While this is not really an argument about digital vs. analog photography, I felt compelled in this first blog post to explain myself a little to the people that matter in my creative career. Basically I was not feeling fulfilled and needed a change. I have limited assignment photography to very choice opportunities and commissions and I am now working as a fine art photographer.

Where I am Going…

I’m almost three years into my “straight job” and after keeping a low profile for a much needed respite, I am feeling creative again. Since film-photography has finally found a fairly sound footing again as a bit of a niche, and since analog is where my heart is, I have chosen to work almost exclusively in that medium.
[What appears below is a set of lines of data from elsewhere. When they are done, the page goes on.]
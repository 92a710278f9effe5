//! The crew that a line is of, told by the name behind the line's number: no two crews have one name, and what stands
//! there tells where the name ends.
ghost use Rattle.std.specs.Prelude.{◌≡◌, ◌<◌, ◌==◌, length, IfSome};
ghost use Rattle.std.specs.List.{before_first};
ghost use Rattle.fault_words.specs.Names.{same_name};
ghost use Rattle.crew_script.specs.Dockets.{IsDockets};
ghost use Rattle.outage_board.specs.Requests.{crew_from};
ghost use Rattle.board_audit.specs.Front.{crew_of_line, front_name};

use crate::part::{Part, pass_number};
use crew_script::{Dockets, place_of};
use fault_model::Name;
use unit_sets::CrewNo;

/// The crew whose name stands behind this number and a blank at the front of a text.
pub(crate) fn crew_of_line(dockets: &Dockets, number: u64, text: &[u8]) -> Option<CrewNo>
    ensures crew { result ≡ crew_of_line dockets.now number text.now }
    ensures low { IfSome result (λ crew. crew.0 < length dockets.now) }
    ensures kept { IsDockets dockets.now }
{
    // The crews tell the proof that their names differ.
    dockets.crews();
    let mut part = Part::new(text);
    pass_number(&mut part, number);
    part.pass(b" ");
    crew_named(dockets, front_name(part.rest()?))
}

// The first crew with this name.
fn crew_named(dockets: &Dockets, name: &[u8]) -> Option<CrewNo>
    ensures crew { result ≡ crew_from 0 dockets.now name.now }
    ensures low { IfSome result (λ crew. crew.0 < length dockets.now) }
{
    for crew in 0..dockets.crews() {
        if is_named(dockets.crew_name(CrewNo(crew)), name) {
            return Some(CrewNo(crew));
        }
    }
    None
}

fn is_named(name: &Name, bytes: &[u8]) -> bool
    ensures { result ≡ same_name name.now bytes.now }
{
    name.as_slice() == bytes
}

// The name that a text begins with, as texts show names.
fn front_name(text: &[u8]) -> &[u8]
    ensures { result.now ≡ front_name text.now }
{
    match text {
        [first, rest @ ..] if *first == b'"' => before(b'"', rest),
        _ => before(b' ', text),
    }
}

// What stands in front of the first such byte.
fn before(mark: u8, bytes: &[u8]) -> &[u8]
    ensures { result.now ≡ before_first (λ byte. byte == mark) bytes.now }
{
    &bytes[..place_of(mark, bytes)]
}
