//! A text by the numbers of its tree.
use fault_words::{GateKind, Place};
use galileo_tree::Statement;

/// A name that stands in the text: its number in the tree, and its place.
#[derive(Clone, Copy)]
pub(crate) struct Numbered {
    pub number: usize,
    pub place: Place,
}

/// A gate with the numbers of its inputs as they stand in the text.
#[derive(Drop)]
pub(crate) struct NumberedGate {
    pub kind: GateKind,
    /// The place of the gate word.
    pub word: Place,
    /// The place of the name.
    pub name: Place,
    pub inputs: NumberedRow,
}

/// Names by numbers, as the inputs of a gate.
pub(crate) type NumberedRow = flat_rows::GrowingList<Numbered>;

/// A text by numbers.
#[derive(Drop)]
pub(crate) struct NumberedText {
    /// How many basic events there are. The numbers of the gates are above.
    pub units: usize,
    pub gates: Vec<NumberedGate>,
    /// The names of the top statements.
    pub tops: NumberedRow,
}

/// A text in parts: its statements, and what they say by numbers.
#[derive(Clone, Copy)]
pub(crate) struct Parts<'t> {
    pub statements: &'t [Statement],
    /// The end of the text.
    pub end: Place,
    pub units: usize,
    pub gates: &'t [NumberedGate],
    pub tops: &'t [Numbered],
}
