//! A log is gone through line by line beside a board of its deck, which makes the entry that each line has to show.
ghost use Rattle.std.specs.Prelude.{◌≡◌, ◌↔◌, ◌≤◌, ◌++◌, [], length, IfOk};
ghost use Rattle.deck_limits.specs.declared.TheConstants.{GREATEST_MARGIN};
ghost use Rattle.fault_definitions.specs.Tree.{unit_count};
ghost use Rattle.residual_ledger.specs.Residual.{HasUnitsUpTo};
ghost use Rattle.crew_script.specs.Dockets.{request_count, IsDockets};
ghost use Rattle.outage_board.specs.Boards.{IsBoard, deck_of};
ghost use Rattle.board_report.specs.LogText.{log_head};
ghost use Rattle.board_audit.specs.declared.verdict.Verdict.TheVariants.{Yes};
ghost use Rattle.board_audit.specs.Pieces.{behind, lent};
ghost use Rattle.board_audit.specs.Reading.{HasAsks, Reads};
ghost use Rattle.board_audit.specs.Verdicts.{IsVerdict, IsWholeLog, deck_head};

use crate::Verdict;
use crate::front::crew_of_line;
use crate::line::behind_line;
use crate::part::{Part, pass_number};
use crew_script::Dockets;
use fault_model::Tree;
use outage_board::BoardState;
use std::alloc::Global;
use unit_sets::{CutList, NoMemory};

/// How far a log agrees with its deck: with the tree's cut list, its crews and the opening margin. The log is what a
/// board's text has from the line `log: N` to the line of the last entry.
///
/// Each line is read once, and each request that it shows is decided once.
pub fn audit(
    alloc: Global,
    tree: &Tree,
    cuts: &CutList,
    dockets: &Dockets,
    margin: u32,
    log: &[u8],
) -> Result<Verdict, NoMemory>
    requires known { HasUnitsUpTo (unit_count tree.now) cuts.now }
    requires margin { margin ≤ GREATEST_MARGIN }
    ensures verdict { IfOk result (IsVerdict (deck_of tree.now cuts.now dockets.now margin) log.now) }
    ensures yes { IfOk result (λ verdict. (verdict ≡ Yes)
        ↔ IsWholeLog (deck_of tree.now cuts.now dockets.now margin) log.now) }
{
    // The crews tell the proof that their names differ.
    dockets.crews();
    let mut board = BoardState::open(alloc, tree, cuts, dockets, margin)?;
    let verdict = judge(&mut board, log);
    drop(board);
    Ok(verdict)
}

// The verdict on a log, beside a board on which nothing was asked yet.
fn judge(board: &mut BoardState, log: &[u8]) -> Verdict
    requires opened { board.old.history ≡ [] }
    requires asks { HasAsks board.old.deck }
    requires kept { IsDockets board.old.deck.crews }
    ensures { IsVerdict board.old.deck log.now result }
{
    match behind_head(board.dockets().total(), log) {
        Some(lines) => judge_lines(board, lines),
        None => Verdict::Header,
    }
}

// What follows the head of a log of so many entries, where the log begins with it.
fn behind_head(total: u32, log: &[u8]) -> Option<&[u8]>
    ensures { lent result ≡ behind (log_head total) log.now }
{
    let mut part = Part::new(log);
    part.pass(b"log: ");
    pass_number(&mut part, total as u64);
    part.pass(b"\n");
    part.rest()
}

// The verdict on a log with these lines behind its head.
fn judge_lines(board: &mut BoardState, lines: &[u8]) -> Verdict
    requires opened { board.old.history ≡ [] }
    requires asks { HasAsks board.old.deck }
    requires kept { IsDockets board.old.deck.crews }
    ensures { IsVerdict board.old.deck (deck_head board.old.deck ++ lines.now) result }
{
    let mut rest = lines;
    for place in 0..board.dockets().total() {
        match read_line(board, rest) {
            Some(more) => rest = more,
            None => return Verdict::Entry(place + 1),
        }
    }
    // The board tells the proof that its history is legal.
    board.entries();
    if rest.is_empty() {
        Verdict::Yes
    } else {
        Verdict::Rest
    }
}

// What follows the next line, where it is the line of the entry that is made for its crew. The board then has that
// entry too.
fn read_line<'a>(board: &mut BoardState, text: &'a [u8]) -> Option<&'a [u8]>
    requires asks { HasAsks board.old.deck }
    ensures read { Reads board.old board.new text.now result }
    ensures kept { IsBoard board.old }
{
    let number = board.entries().len() as u64 + 1;
    let crew = crew_of_line(board.dockets(), number, text)?;
    let entry = board.serve(crew)?;
    behind_line(board.dockets(), number, &entry, text)
}
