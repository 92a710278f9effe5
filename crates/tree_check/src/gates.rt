//! Faults that show at one gate after another.
ghost use Rattle.std.specs.Prelude.{◌≡◌, [], true, drop, map, if◌then◌else◌};
ghost use Rattle.std.specs.List.{flat_map};
ghost use Rattle.fault_definitions.specs.Tree.{is_fdep_kind};
ghost use Rattle.tree_check.specs.Numbered.{is_fdep_in, is_gate, is_spare_kind, drops_fdeps, kept_by, kinds};
ghost use Rattle.tree_check.specs.Classes.{first, is_empty, wrong_vote, places_where, dummies_in, reads_nothing};
ghost use Rattle.tree_check.specs.Tried.{places_at};

use crate::CheckCode;
use crate::numbered::{Numbered, NumberedGate};
use fault_words::{GateKind, Place};

/// The first place of a class that shows at one gate after another.
pub(crate) fn first_at_gates(code: CheckCode, units: usize, gates: &[NumberedGate]) -> Option<Place>
    ensures { result ≡ first (flat_map (places_at code units (kinds gates.now)) gates.now) }
{
    for gate in gates {
        if let Some(place) = place_at(code, units, gates, gate) {
            return Some(place);
        }
    }
    None
}

/// The first place of such a class at one gate.
fn place_at(
    code: CheckCode,
    units: usize,
    gates: &[NumberedGate],
    gate: &NumberedGate,
) -> Option<Place>
    ensures { result ≡ first (places_at code units (kinds gates.now) gate.now) }
{
    let inputs = gate.inputs.as_slice();
    match code {
        CheckCode::Votes => is_wrong_vote(gate.kind, inputs.len()).then_some(gate.word),
        CheckCode::DummyInput => fdep_read(units, gates, gate),
        CheckCode::NoInputs => reads_nothing(units, gates, gate).then_some(gate.word),
        CheckCode::FdepShape => {
            (is_fdep_kind(gate.kind) && inputs.len() < 2).then_some(gate.word)
        }
        CheckCode::DependentGate => gate_after_first(is_fdep_kind(gate.kind), units, inputs),
        CheckCode::SpareNotBasic => gate_after_first(is_spare_kind(gate.kind), units, inputs),
        _ => None,
    }
}

/// Whether a gate is one K of N of which K is 0 or above N, or that has not N inputs.
fn is_wrong_vote(kind: GateKind, inputs: usize) -> bool
    ensures { result ≡ wrong_vote kind inputs }
{
    match kind {
        GateKind::Votes(least, of) => least == 0 || of < least || of as usize != inputs,
        _ => false,
    }
}

/// The name of the gate after so many.
pub(crate) fn name_after(gates: &[NumberedGate], number: usize) -> Option<Place>
    ensures { result ≡ first (map (λ gate. gate.name) (drop number gates.now)) }
{
    if gates.len() > number {
        Some(gates[number].name)
    } else {
        None
    }
}

/// The first input of a gate other than `and` or `or` that is an `fdep`.
fn fdep_read(units: usize, gates: &[NumberedGate], gate: &NumberedGate) -> Option<Place>
    ensures { result ≡ first (dummies_in (is_fdep_in units (kinds gates.now)) gate.now) }
{
    if drops_fdeps(gate.kind) {
        None
    } else {
        fdep_among(units, gates, gate.inputs.as_slice())
    }
}

/// Whether a gate other than `fdep` reads nothing, once an `and` and an `or` have passed over each `fdep`.
fn reads_nothing(units: usize, gates: &[NumberedGate], gate: &NumberedGate) -> bool
    ensures { result ≡ reads_nothing units (kinds gates.now) gate.now }
{
    let inputs = gate.inputs.as_slice();
    if is_fdep_kind(gate.kind) {
        false
    } else if drops_fdeps(gate.kind) {
        are_fdeps(units, gates, inputs)
    } else {
        inputs.is_empty()
    }
}

// Whether no input is left once each `fdep` is dropped.
fn are_fdeps(units: usize, gates: &[NumberedGate], inputs: &[Numbered]) -> bool
    ensures { result ≡ is_empty (kept_by true (is_fdep_in units (kinds gates.now)) inputs.now) }
{
    for input in inputs {
        if !is_fdep(units, gates, input.number) {
            return false;
        }
    }
    true
}

/// The first input after the first that is a gate, at a gate whose kind has to do with it.
fn gate_after_first(applies: bool, units: usize, inputs: &[Numbered]) -> Option<Place>
    ensures { result ≡ first (if applies then places_where (is_gate units) (drop 1 inputs.now) else []) }
{
    match inputs {
        [_first, rest @ ..] if applies => gate_among(units, rest),
        _ => None,
    }
}

fn gate_among(units: usize, inputs: &[Numbered]) -> Option<Place>
    ensures { result ≡ first (places_where (is_gate units) inputs.now) }
{
    for input in inputs {
        if units < input.number {
            return Some(input.place);
        }
    }
    None
}

/// The first of some names that is that of an `fdep`.
pub(crate) fn fdep_among(units: usize, gates: &[NumberedGate], inputs: &[Numbered]) -> Option<Place>
    ensures { result ≡ first (places_where (is_fdep_in units (kinds gates.now)) inputs.now) }
{
    for input in inputs {
        if is_fdep(units, gates, input.number) {
            return Some(input.place);
        }
    }
    None
}

// A number above all nodes counts as that of an `fdep`.
pub(crate) fn is_fdep(units: usize, gates: &[NumberedGate], number: usize) -> bool
    ensures { result ≡ is_fdep_in units (kinds gates.now) number }
{
    if number <= units {
        return false;
    }
    match gates.get(number - units - 1) {
        Some(gate) => is_fdep_kind(gate.kind),
        None => true,
    }
}

fn is_fdep_kind(kind: GateKind) -> bool
    ensures { result ≡ is_fdep_kind kind }
{
    match kind {
        GateKind::Fdep => true,
        _ => false,
    }
}

pub(crate) fn drops_fdeps(kind: GateKind) -> bool
    ensures { result ≡ drops_fdeps kind }
{
    match kind {
        GateKind::And | GateKind::Or => true,
        _ => false,
    }
}

pub(crate) fn is_spare_kind(kind: GateKind) -> bool
    ensures { result ≡ is_spare_kind kind }
{
    match kind {
        GateKind::Csp | GateKind::Wsp | GateKind::Hsp => true,
        _ => false,
    }
}
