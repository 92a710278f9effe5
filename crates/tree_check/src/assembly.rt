//! The parts of the tree that statements stand for, once no fault is found.
ghost use Rattle.std.specs.Prelude.{◌≡◌, ◌+◌, ◌≤◌, ◌++◌, ℕ, List, length, All, IfOk, OnOk};
ghost use Rattle.unit_sets.specs.Unit.{most_units};
ghost use Rattle.fault_definitions.specs.Tree.{ranked};
ghost use Rattle.tree_check.specs.Said.{names};
ghost use Rattle.tree_check.specs.Numbered.{kinds, kept_inputs};
ghost use Rattle.tree_check.specs.Numbering.{IsDeckOf};
ghost use Rattle.tree_check.specs.SpareTable.{AreWithin};
ghost use Rattle.tree_check.specs.TreeOf.{tree_of, numbers, input_lists, first_number};
ghost use Rattle.tree_check.specs.Assembling.{attributes_in, Takes, IsTakenOf};

use crate::gates::{drops_fdeps, is_fdep};
use crate::numbered::{Numbered, NumberedGate, NumberedText};
use fault_model::{
    AttributeList, AttributeLists, InputLists, KindList, MOST_GATES, Name, NameTable, NoMemory,
    NodeList, NodeNo, TreeParts,
};
use galileo_tree::{RawAttributes, RawBasic, RawGate, Statement};
use std::alloc::Global;

/// What is moved out of statements: the names of the basic events and of the gates, and the attributes.
#[derive(Drop)]
struct Taken {
    units: Vec<Name>,
    gates: Vec<Name>,
    attributes: Vec<AttributeList>,
}

fn attributes_of(alloc: Global, raws: RawAttributes) -> Result<AttributeList, NoMemory>
    ensures { IfOk result (λ list. list ≡ attributes_in raws) }
{
    let mut list = AttributeList::new(alloc);
    for raw in raws.into_items() {
        list.push(raw.attribute)?;
    }
    Ok(list)
}

impl Taken {
    /// Takes what one statement holds.
    fn take(&mut self, alloc: Global, statement: Statement) -> Result<(), NoMemory>
        ensures { OnOk result (Takes statement self.old self.new) }
    {
        match statement {
            Statement::Top(_top) => Ok(()),
            Statement::Gate(gate) => self.take_gate(gate),
            Statement::Basic(basic) => self.take_basic(alloc, basic),
        }
    }

    fn take_gate(&mut self, gate: RawGate) -> Result<(), NoMemory>
        ensures { OnOk result (Takes (Statement.Gate gate) self.old self.new) }
    {
        self.gates.push(gate.name.name)?;
        Ok(())
    }

    fn take_basic(&mut self, alloc: Global, basic: RawBasic) -> Result<(), NoMemory>
        ensures { OnOk result (Takes (Statement.Basic basic) self.old self.new) }
    {
        self.units.push(basic.name.name)?;
        let attributes = attributes_of(alloc, basic.attributes)?;
        self.attributes.push(attributes)?;
        Ok(())
    }
}

fn take_all(alloc: Global, statements: Vec<Statement>) -> Result<Taken, NoMemory>
    ensures { IfOk result (IsTakenOf statements.items) }
{
    let mut taken = Taken {
        units: Vec::new(alloc),
        gates: Vec::new(alloc),
        attributes: Vec::new(alloc),
    };
    for statement in statements {
        taken.take(alloc, statement)?;
    }
    Ok(taken)
}

/// The names of the units, then those of the gates.
fn joined(units: Vec<Name>, gates: Vec<Name>) -> Result<NameTable, NoMemory>
    ensures { IfOk result (λ table. table ≡ units.items ++ gates.items) }
{
    let mut names = units;
    let mut gates = gates;
    names.append(&mut gates)?;
    Ok(NameTable::from_items(names))
}

fn kinds_of(alloc: Global, gates: &[NumberedGate]) -> Result<KindList, NoMemory>
    ensures { IfOk result (λ list. list ≡ kinds gates.now) }
{
    let mut list = KindList::new(alloc);
    for gate in gates {
        list.push(gate.kind)?;
    }
    Ok(list)
}

/// The inputs of a gate that are left after dropping.
fn kept_inputs(
    alloc: Global,
    units: usize,
    gates: &[NumberedGate],
    gate: &NumberedGate,
) -> Result<NodeList, NoMemory>
    requires { All (λ input. input.number ≤ u32.MAX) gate.now.inputs }
    ensures { IfOk result (λ list. list ≡ numbers (kept_inputs units (kinds gates.now) gate.now)) }
{
    let drops = drops_fdeps(gate.kind);
    let mut list = NodeList::new(alloc);
    for input in gate.inputs.as_slice() {
        if !(drops && is_fdep(units, gates, input.number)) {
            list.push(NodeNo(input.number as u32))?;
        }
    }
    Ok(list)
}

fn input_lists(alloc: Global, units: usize, gates: &[NumberedGate]) -> Result<InputLists, NoMemory>
    requires { AreWithin u32.MAX gates.now }
    ensures { IfOk result (λ lists. lists ≡ input_lists units gates.now) }
{
    let mut lists = InputLists::new(alloc);
    for gate in gates {
        lists.push(kept_inputs(alloc, units, gates, gate)?)?;
    }
    Ok(lists)
}

fn first_top(tops: &[Numbered]) -> NodeNo
    requires some { 1 ≤ length tops.now }
    requires small { first_number tops.now ≤ u32.MAX }
    ensures { result ≡ first_number tops.now }
{
    match tops {
        [first, ..] => NodeNo(first.number as u32),
        [] => unreachable!(),
    }
}

/// The parts of the tree of these statements. Names and attributes are moved out of them.
pub(crate) fn assemble(
    alloc: Global,
    statements: Vec<Statement>,
    deck: &NumberedText,
) -> Result<TreeParts, NoMemory>
    requires deck { IsDeckOf (names statements.items) statements.items deck.now }
    requires inputs { AreWithin (deck.now.units + length deck.now.gates.items) deck.now.gates.items }
    requires top { first_number deck.now.tops ≤ deck.now.units + length deck.now.gates.items }
    requires some_top { 1 ≤ length deck.now.tops }
    requires few_units { deck.now.units ≤ most_units }
    requires few_gates { length deck.now.gates.items ≤ MOST_GATES }
    ensures { IfOk result (λ parts. (ranks : List ℕ) → ranked parts ranks ≡ tree_of statements.items ranks) }
{
    let taken = take_all(alloc, statements)?;
    let names = joined(taken.units, taken.gates)?;
    let kinds = kinds_of(alloc, &deck.gates)?;
    Ok(TreeParts {
        names,
        kinds,
        inputs: input_lists(alloc, deck.units, &deck.gates)?,
        attributes: AttributeLists::from_items(taken.attributes),
        top: first_top(deck.tops.as_slice()),
    })
}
Much of my work is experimental, though not necessarily ground-breaking, and often starts as some sort of technical exercise to challenge the limits of my abilities with this analog medium. I am interested in creating unique images that are rooted in reality…meaning there will be a physical negative and hand-made prints presented as provenance for the work that was done.

Current Themes:

  • Figure Studies - something I have been working on quietly for the last decade

  • Small Picture Essays - explorations of certain subject matter that I find interesting and photographically feasible as collections of prints and/ or books.

  • Portraits - I am a portrait photographer and I always will be. The portraits will be much more artistic and personal in both their composition and in who is chosen as the portrait subject.